// What is asked of every attestor.
ghost use Rattle.std.specs.Prelude.{◌≡◌, ℕ, ◌+◌, ◌*◌, ◌≤◌, max, Bool, List, is_ok, IfOk, if◌then◌else◌};
ghost use Rattle.attest.specs.Limits.{tag_room, overlay};
ghost use Rattle.attest.specs.Laws.{Laws};

/// The most members of a group.
pub const MAX_MEMBERS: u8 = 13;

/// Room for the tag of any attestor: 16 bytes for each member of the largest group.
pub const TAG_ROOM: usize = 16 * MAX_MEMBERS as usize;

/// The bytes of the longest words, those of a vote.
pub const WORDS_MOST: usize = 44;

/// The words will not be signed.
#[derive(Clone, Copy, Debug, PartialEq, Eq)]
pub struct WillNotSign;

/// A member's hold on a signing scheme: which triples of signer, words and tag it accepts, which words it signs, and by
/// which tag. Words are bytes: 1 and a statement (a vote), 2 and a view (a timeout), or 3, a view, a member and a value (a
/// share of the coin, signed by the dealer, whose number is 0).
pub trait Attestor {
    /// A tag for n members has `TAG_PER_MEMBER` · n + `TAG_FIXED` bytes.
    const TAG_PER_MEMBER: usize;

    const TAG_FIXED: usize;

    // the two constants, for the clauses
    ghost per_member: { ℕ };

    ghost fixed: { ℕ };

    // the number of the one that it signs for: a member, or 0 for the dealer
    ghost owner: { Self → ℕ };

    // the size of the group that its tags are for
    ghost members: { Self → ℕ };

    // whether it accepts a signer, words and a tag
    ghost accepts: { Self → ℕ → List ℕ → List ℕ → Bool };

    // whether it will sign words now
    ghost signs: { Self → List ℕ → Bool };

    // the tag that it would give for words now
    ghost tag_of: { Self → List ℕ → List ℕ };

    // the attestor once it has signed words
    ghost signed: { Self → List ℕ → Self };

    // what holds of these in every implementation
    ghost laws: { Laws per_member fixed owner members accepts signs tag_of signed };

    /// The bytes of a tag for n members.
    fn width(n: u8) -> usize
        ensures value { result ≡ per_member * n + fixed }
        ensures within { result ≤ 16 * max 4 n };

    /// The number of the one that it signs for.
    fn owner_number(&self) -> u8
        ensures { result ≡ owner self.now };

    /// The size of the group that its tags are for.
    fn group_size(&self) -> u8
        ensures { result ≡ members self.now };

    /// Whether the tag is one of this signer for these words.
    fn accept(&self, signer: u8, words: &[u8], tag: &[u8]) -> bool
        ensures { result ≡ accepts self.now signer words.now tag.now };

    /// Signs the words for its owner: writes a tag to the start of `tag` and answers its length, or refuses and changes
    /// nothing.
    fn sign(&mut self, words: &[u8], tag: &mut [u8; TAG_ROOM]) -> Result<usize, WillNotSign>
        ensures willing { is_ok result ≡ signs self.old words.now }
        ensures long { IfOk result (λ n. n ≡ per_member * members self.old + fixed) }
        ensures within { IfOk result (λ n. n ≤ tag_room) }
        ensures written { tag.new ≡ (if is_ok result then overlay tag.old (tag_of self.old words.now) else tag.old) }
        ensures state { self.new ≡ (if is_ok result then signed self.old words.now else self.old) };
}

EXERCISE>
Above are the records. Copy the lines beginning at the one that has "number is 0)." and ending with the one that has "fn owner_number(&self) -> u8", unchanged.

ANSWER>
/// share of the coin, signed by the dealer, whose number is 0).
pub trait Attestor {
    /// A tag for n members has `TAG_PER_MEMBER` · n + `TAG_FIXED` bytes.
    const TAG_PER_MEMBER: usize;

    const TAG_FIXED: usize;

    // the two constants, for the clauses
    ghost per_member: { ℕ };

    ghost fixed: { ℕ };

    // the number of the one that it signs for: a member, or 0 for the dealer
    ghost owner: { Self → ℕ };

    // the size of the group that its tags are for
    ghost members: { Self → ℕ };

    // whether it accepts a signer, words and a tag
    ghost accepts: { Self → ℕ → List ℕ → List ℕ → Bool };

    // whether it will sign words now
    ghost signs: { Self → List ℕ → Bool };

    // the tag that it would give for words now
    ghost tag_of: { Self → List ℕ → List ℕ };

    // the attestor once it has signed words
    ghost signed: { Self → List ℕ → Self };

    // what holds of these in every implementation
    ghost laws: { Laws per_member fixed owner members accepts signs tag_of signed };

    /// The bytes of a tag for n members.
    fn width(n: u8) -> usize
        ensures value { result ≡ per_member * n + fixed }
        ensures within { result ≤ 16 * max 4 n };

    /// The number of the one that it signs for.
    fn owner_number(&self) -> u8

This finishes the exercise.